As the result of a promise that was made during the last municipal election campaign, the mayor told the media that the census was the first of its kind to be carried out in any city and that it was only “a first step” towards solving the problems caused by extreme urban poverty.

Its methodology was simple. Special efforts were made to reach out to the homeless in various shelters, soup kitchens, day centers and libraries where many like to spend their day. Others were found in various city hospitals, assorted detox (detoxification) centres or in jail where they were killing time waiting for their trial.

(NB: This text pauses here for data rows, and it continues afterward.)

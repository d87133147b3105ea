//! A family of versions as bytes, as `rart_family` keeps them.
mod changing;
mod latest;
mod listing;
pub(crate) mod loading;
mod optional;
pub(crate) mod saving;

The census indicates that more than 3,000 of the city’s chronic homeless (for one reason or another) end up spending their nights on the street, while hundreds of others make up the hidden homeless who spend the night in various rooming houses or surfing the couch at a friend’s place. Their numbers only add up to a few hundred people at any time, ;though census analysts acknowledge that those numbers are not precise because there could be hundreds—if not thousands—of people who have made their own arrangements in order to find a bed and the minimal bit of food and shelter that they need to face another day on the street.

Though women comprise nearly a quarter of the number of the city’s homeless population, less than ten per cent of them spend their nights on the street. The rest managed to find a bed in any one of the city’s assorted women’s shelters.

Recent immigrants make up at least ten per cent of the city’s women who have no place to spend the night. These women are often accompanied by their children. This reflects a more serious problem among the city’s new immigrants within their own communities.

Amerindians also make up more ten per cent of the city’s homeless, even though they account for less than one per cent of the city’s population. The findings also indicate that, of them, Inuit comprise more than 40 per cent of native Canadians who spend their nights on Montreal streets.

While the numbers that make up the city’s census reveal a lot about where and what the city can do to pursue its fight against street poverty, at least one number revealed how the Department of National Defense (DND)—still fails to care for a significant number of its veterans who are barely able to cope after post traumatic stress disorder (PTSD) has effectively destroyed their lives: Six percent of the city’s homeless are former members of the Canadian Armed Forces.

Much to the mayor’s dismay, Montreal is keeping pace with Toronto, where more than seven per cent of its homeless are also veterans. Note that former members of Canada’s Armed Forces make up less than two per cent of Canada’s population.

According to Mayor Coderre, the next step for what he described as the city’s plan to deal with its homeless population (Plan D’Action Montréalais en Itinérance) will be to nominate an ombudsman who will be expected to speak out and make recommendations to help solve at least some of the problems that can define the life of the three to four thousand people who live on the streets of Montreal.